→ PROBLEM TO SOLVE: From the first line to the last, transcribe the material exactly.

→ GIVEN DATA:
========

/// The window takes the next piece up; one that gets better is climbed first.
fn take<P: Shape>(
    way: &Way,
    from: &Cut,
    piece: &Piece<P>,
    window: &mut Sliding<P>,
    fault: &mut Option<WidePair<P>>,
) -> Result<Ordering, Memory>
    requires met { (s : Chain P) × Meets P.Shape s way.now (place from.now) piece.now window.old }
    requires none { fault.old ≡ None }
    ensures taken { (s : Chain P) → Meets P.Shape s way.now (place from.now) piece.now window.old
        → IfOk result (λ trend. IsTaken P.Shape s way.now piece.now trend window.new) }
    ensures out { window.new.out ≡ window.old.out }
    ensures still { OnOk result (fault.new ≡ None) }
    ensures wide { (s : Chain P) → Meets P.Shape s way.now (place from.now) piece.now window.old
        → OnErr result (IfSome fault.new (IsHeldFault P.Shape s way.now (place from.now).at)) }
{
    if is_one(&way.over) {
        return Ok(Ordering::Greater);
    }
    let until = left(way, &piece.until);
    match trend(way.side, &piece.shape) {
        Ordering::Greater => Ok(Ordering::Greater),
        Ordering::Equal => {
            steady(way, piece, &until, window)?;
            Ok(Ordering::Equal)
        }
        Ordering::Less => {
            let gone = left(way, from);
            falling(way, from, &gone, piece, &until, window, fault)?;
            Ok(Ordering::Less)
        }
    }
}

/// Tells up to the place what the steps give.
fn rest<P: Shape>(
    way: &Way,
    upto: &Cut,
    window: &mut Sliding<P>,
    fault: &mut Option<WidePair<P>>,
) -> Result<(), Memory>
    requires rests { (s : Chain P) × (met : Place) × (reach : Place) × TellsRest P.Shape s way.now met reach (place upto.now) window.old }
    requires within { IsWithin (2 ^ 34) (value_of upto.now.time) }
    requires none { fault.old ≡ None }
    ensures told { (s : Chain P) (met reach : Place) → TellsRest P.Shape s way.now met reach (place upto.now) window.old
        → OnOk result (HasRested P.Shape s way.now met (place upto.now) window.new) }
    ensures from { OnOk result (window.new.out.from ≡ window.old.out.from) }
    ensures left { OnOk result (HasLeft window.old window.new) }
    ensures ends { OnOk result (Same (stop window.new.out) (place upto.now)) }
    ensures still { OnOk result (fault.new ≡ None) }
    ensures wide { (s : Chain P) (met reach : Place) (limit : Rational) → TellsRest P.Shape s way.now met reach (place upto.now) window.old
        → (value_of upto.now.time) ≤ʳ limit → limit ≤ʳ (stop s).at
        → OnErr result (IfSome fault.new (IsCauseBelow P.Shape s way.now.over limit)) }
    ensures narrow { value_of upto.now.time ≤ʳ (stop window.old.out).at → OnErr result (fault.new ≡ None) }
{
    window.tell(way.side, &of_none(way.side), true, upto, fault)
}
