//! The truth of atoms.
ghost use Rattle.std.specs.Prelude.{◌≡◌, ◌↔◌, ◌≤◌, ◌^◌, pos, IsTrue};
ghost use Rattle.rational.specs.Rational.{◌≈◌, whole};
ghost use Rattle.rational.specs.Line.{at};
ghost use Rattle.frac128.specs.Value.{value, denominator};
ghost use Rattle.stl_syntax.specs.Truth.{compares};
ghost use Rattle.atom_lines.specs.Gaps.{along, AreOfSign, IsEven, Passes};
ghost use Rattle.atom_lines.specs.Pieces.{TellsGap};
ghost use Rattle.atom_lines.specs.Signs.{least_sum};

use crate::gap::Gap;
use frac128::Frac;
use stl_syntax::Rel;
use value_laws::Truth;

/// An atom's truth on the open gap between two rows.
#[derive(Clone, Copy)]
pub enum TruthPiece {
    /// One truth on the whole gap.
    Whole(Truth),
    /// The truth turns over at the time `at`, which lies inside the gap: it is `before` up to that time, `point` at it, and `after`
    /// from it on.
    Split {
        before: Truth,
        at: Frac,
        point: Truth,
        after: Truth,
    },
}

/// Whether a comparison holds above the constant.
#[inline(always)]
fn holds_above(rel: Rel) -> bool
    ensures { result ≡ compares rel (whole (pos 1)) }
{
    match rel {
        Rel::AtLeast => true,
        Rel::Above => true,
        Rel::AtMost => false,
        Rel::Below => false,
    }
}

/// The least sum above the constant from which on a comparison is what it is above the constant; below that it is the other.
#[inline(always)]
fn least_of(rel: Rel) -> i64
    ensures { result ≡ least_sum rel }
{
    match rel {
        Rel::AtLeast => 0,
        Rel::Above => 1,
        Rel::AtMost => 1,
        Rel::Below => 0,
    }
}

/// The truth of a comparison whose sum lies `value` above its constant.
#[inline(always)]
pub(crate) fn truth_at(rel: Rel, value: i64) -> Truth
    ensures { result.holds ≡ compares rel (whole value) }
{
    let above = holds_above(rel);
    if value >= least_of(rel) {
        return Truth::of(above);
    }
    Truth::of(!above)
}

/// The time inside the gap at which a sum that changes its sign is 0.
#[inline(always)]
pub(crate) fn crossing(gap: Gap) -> Frac
    requires { Passes gap }
    ensures zero { at (along gap) (value result) ≈ whole (pos 0) }
    ensures small { denominator result ≤ 2 ^ 31 }
{
    let before = gap.from.unsigned_abs();
    let rise = before + gap.to.unsigned_abs();
    // What is left of the first time fits in 63 bits, so that nothing here needs 128.
    let past = before * u64::from(gap.second - gap.first);
    let whole = i64::from(gap.first) + (past / rise) as i64;
    Frac::mixed(whole, past % rise, rise)
}

/// Whether the sum has opposite signs at the two ends.
pub(crate) fn changes_sign(gap: &Gap) -> bool
    ensures { IsTrue result ↔ Passes gap.now }
{
    gap.from < 0 && gap.to > 0 || gap.from > 0 && gap.to < 0
}

/// The truth of a comparison on the open gap.
#[inline(always)]
pub(crate) fn truth_between(rel: Rel, gap: &Gap) -> TruthPiece
    ensures { TellsGap (whole (pos gap.now.first)) (whole (pos gap.now.second)) (λ t. compares rel (at (along gap.now) t)) result }
{
    if changes_sign(gap) {
        return TruthPiece::Split {
            before: truth_at(rel, gap.from),
            at: crossing(*gap),
            point: truth_at(rel, 0),
            after: truth_at(rel, gap.to),
        };
    }
    TruthPiece::Whole(truth_at(rel, gap.from + gap.to))
}

/// Whether the sum lies on one side of the constant over the gap, and at its ends.
pub(crate) fn keeps_sign(gap: &Gap, next: i64) -> bool
    ensures { IsTrue result → AreOfSign gap.now next }
{
    if gap.from > 0 {
        return gap.to > 0 && next > 0;
    }
    gap.from < 0 && gap.to < 0 && next < 0
}

/// Whether a comparison is the same at both ends of the gap, and at the row behind it, where the sum lies `next` above the constant.
#[inline(always)]
pub(crate) fn keeps_truth(rel: Rel, gap: &Gap, next: i64) -> bool
    ensures { IsTrue result → IsEven rel gap.now next }
{
    let holds = truth_at(rel, gap.from).holds();
    if truth_at(rel, gap.to).holds() != holds {
        return false;
    }
    truth_at(rel, next).holds() == holds
}

/// The truth of a comparison on the open gap, and at its end, where the sum lies `next` above the constant.
#[inline(always)]
pub(crate) fn truth_onward(rel: Rel, gap: &Gap, next: i64) -> (TruthPiece, Truth)
    ensures tells { TellsGap (whole (pos gap.now.first)) (whole (pos gap.now.second)) (λ t. compares rel (at (along gap.now) t)) result.0 }
    ensures point { result.1.holds ≡ compares rel (whole next) }
{
    let last = truth_at(rel, next);
    if keeps_sign(gap, next) {
        return (TruthPiece::Whole(last), last);
    }
    (truth_between(rel, gap), last)
}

========

→ RESULT:
/// The window takes the next piece up; one that gets better is climbed first.
fn take<P: Shape>(
    way: &Way,
    from: &Cut,
    piece: &Piece<P>,
    window: &mut Sliding<P>,
    fault: &mut Option<WidePair<P>>,
) -> Result<Ordering, Memory>
    requires met { (s : Chain P) × Meets P.Shape s way.now (place from.now) piece.now window.old }
    requires none { fault.old ≡ None }
    ensures taken { (s : Chain P) → Meets P.Shape s way.now (place from.now) piece.now window.old
        → IfOk result (λ trend. IsTaken P.Shape s way.now piece.now trend window.new) }
    ensures out { window.new.out ≡ window.old.out }
    ensures still { OnOk result (fault.new ≡ None) }
    ensures wide { (s : Chain P) → Meets P.Shape s way.now (place from.now) piece.now window.old
        → OnErr result (IfSome fault.new (IsHeldFault P.Shape s way.now (place from.now).at)) }
{
    if is_one(&way.over) {
        return Ok(Ordering::Greater);
    }
    let until = left(way, &piece.until);
    match trend(way.side, &piece.shape) {
        Ordering::Greater => Ok(Ordering::Greater),
        Ordering::Equal => {
            steady(way, piece, &until, window)?;
            Ok(Ordering::Equal)
        }
        Ordering::Less => {
            let gone = left(way, from);
            falling(way, from, &gone, piece, &until, window, fault)?;
            Ok(Ordering::Less)
        }
    }
}

/// Tells up to the place what the steps give.
fn rest<P: Shape>(
    way: &Way,
    upto: &Cut,
    window: &mut Sliding<P>,
    fault: &mut Option<WidePair<P>>,
) -> Result<(), Memory>
    requires rests { (s : Chain P) × (met : Place) × (reach : Place) × TellsRest P.Shape s way.now met reach (place upto.now) window.old }
    requires within { IsWithin (2 ^ 34) (value_of upto.now.time) }
    requires none { fault.old ≡ None }
    ensures told { (s : Chain P) (met reach : Place) → TellsRest P.Shape s way.now met reach (place upto.now) window.old
        → OnOk result (HasRested P.Shape s way.now met (place upto.now) window.new) }
    ensures from { OnOk result (window.new.out.from ≡ window.old.out.from) }
    ensures left { OnOk result (HasLeft window.old window.new) }
    ensures ends { OnOk result (Same (stop window.new.out) (place upto.now)) }
    ensures still { OnOk result (fault.new ≡ None) }
    ensures wide { (s : Chain P) (met reach : Place) (limit : Rational) → TellsRest P.Shape s way.now met reach (place upto.now) window.old
        → (value_of upto.now.time) ≤ʳ limit → limit ≤ʳ (stop s).at
        → OnErr result (IfSome fault.new (IsCauseBelow P.Shape s way.now.over limit)) }
    ensures narrow { value_of upto.now.time ≤ʳ (stop window.old.out).at → OnErr result (fault.new ≡ None) }
{
    window.tell(way.side, &of_none(way.side), true, upto, fault)
}
//! The truth of atoms.
ghost use Rattle.std.specs.Prelude.{◌≡◌, ◌↔◌, ◌≤◌, ◌^◌, pos, IsTrue};
ghost use Rattle.rational.specs.Rational.{◌≈◌, whole};
ghost use Rattle.rational.specs.Line.{at};
ghost use Rattle.frac128.specs.Value.{value, denominator};
ghost use Rattle.stl_syntax.specs.Truth.{compares};
ghost use Rattle.atom_lines.specs.Gaps.{along, AreOfSign, IsEven, Passes};
ghost use Rattle.atom_lines.specs.Pieces.{TellsGap};
ghost use Rattle.atom_lines.specs.Signs.{least_sum};

use crate::gap::Gap;
use frac128::Frac;
use stl_syntax::Rel;
use value_laws::Truth;

/// An atom's truth on the open gap between two rows.
#[derive(Clone, Copy)]
pub enum TruthPiece {
    /// One truth on the whole gap.
    Whole(Truth),
    /// The truth turns over at the time `at`, which lies inside the gap: it is `before` up to that time, `point` at it, and `after`
    /// from it on.
    Split {
        before: Truth,
        at: Frac,
        point: Truth,
        after: Truth,
    },
}

/// Whether a comparison holds above the constant.
#[inline(always)]
fn holds_above(rel: Rel) -> bool
    ensures { result ≡ compares rel (whole (pos 1)) }
{
    match rel {
        Rel::AtLeast => true,
        Rel::Above => true,
        Rel::AtMost => false,
        Rel::Below => false,
    }
}

/// The least sum above the constant from which on a comparison is what it is above the constant; below that it is the other.
#[inline(always)]
fn least_of(rel: Rel) -> i64
    ensures { result ≡ least_sum rel }
{
    match rel {
        Rel::AtLeast => 0,
        Rel::Above => 1,
        Rel::AtMost => 1,
        Rel::Below => 0,
    }
}

/// The truth of a comparison whose sum lies `value` above its constant.
#[inline(always)]
pub(crate) fn truth_at(rel: Rel, value: i64) -> Truth
    ensures { result.holds ≡ compares rel (whole value) }
{
    let above = holds_above(rel);
    if value >= least_of(rel) {
        return Truth::of(above);
    }
    Truth::of(!above)
}

/// The time inside the gap at which a sum that changes its sign is 0.
#[inline(always)]
pub(crate) fn crossing(gap: Gap) -> Frac
    requires { Passes gap }
    ensures zero { at (along gap) (value result) ≈ whole (pos 0) }
    ensures small { denominator result ≤ 2 ^ 31 }
{
    let before = gap.from.unsigned_abs();
    let rise = before + gap.to.unsigned_abs();
    // What is left of the first time fits in 63 bits, so that nothing here needs 128.
    let past = before * u64::from(gap.second - gap.first);
    let whole = i64::from(gap.first) + (past / rise) as i64;
    Frac::mixed(whole, past % rise, rise)
}

/// Whether the sum has opposite signs at the two ends.
pub(crate) fn changes_sign(gap: &Gap) -> bool
    ensures { IsTrue result ↔ Passes gap.now }
{
    gap.from < 0 && gap.to > 0 || gap.from > 0 && gap.to < 0
}

/// The truth of a comparison on the open gap.
#[inline(always)]
pub(crate) fn truth_between(rel: Rel, gap: &Gap) -> TruthPiece
    ensures { TellsGap (whole (pos gap.now.first)) (whole (pos gap.now.second)) (λ t. compares rel (at (along gap.now) t)) result }
{
    if changes_sign(gap) {
        return TruthPiece::Split {
            before: truth_at(rel, gap.from),
            at: crossing(*gap),
            point: truth_at(rel, 0),
            after: truth_at(rel, gap.to),
        };
    }
    TruthPiece::Whole(truth_at(rel, gap.from + gap.to))
}

/// Whether the sum lies on one side of the constant over the gap, and at its ends.
pub(crate) fn keeps_sign(gap: &Gap, next: i64) -> bool
    ensures { IsTrue result → AreOfSign gap.now next }
{
    if gap.from > 0 {
        return gap.to > 0 && next > 0;
    }
    gap.from < 0 && gap.to < 0 && next < 0
}

/// Whether a comparison is the same at both ends of the gap, and at the row behind it, where the sum lies `next` above the constant.
#[inline(always)]
pub(crate) fn keeps_truth(rel: Rel, gap: &Gap, next: i64) -> bool
    ensures { IsTrue result → IsEven rel gap.now next }
{
    let holds = truth_at(rel, gap.from).holds();
    if truth_at(rel, gap.to).holds() != holds {
        return false;
    }
    truth_at(rel, next).holds() == holds
}

/// The truth of a comparison on the open gap, and at its end, where the sum lies `next` above the constant.
#[inline(always)]
pub(crate) fn truth_onward(rel: Rel, gap: &Gap, next: i64) -> (TruthPiece, Truth)
    ensures tells { TellsGap (whole (pos gap.now.first)) (whole (pos gap.now.second)) (λ t. compares rel (at (along gap.now) t)) result.0 }
    ensures point { result.1.holds ≡ compares rel (whole next) }
{
    let last = truth_at(rel, next);
    if keeps_sign(gap, next) {
        return (TruthPiece::Whole(last), last);
    }
    (truth_between(rel, gap), last)
}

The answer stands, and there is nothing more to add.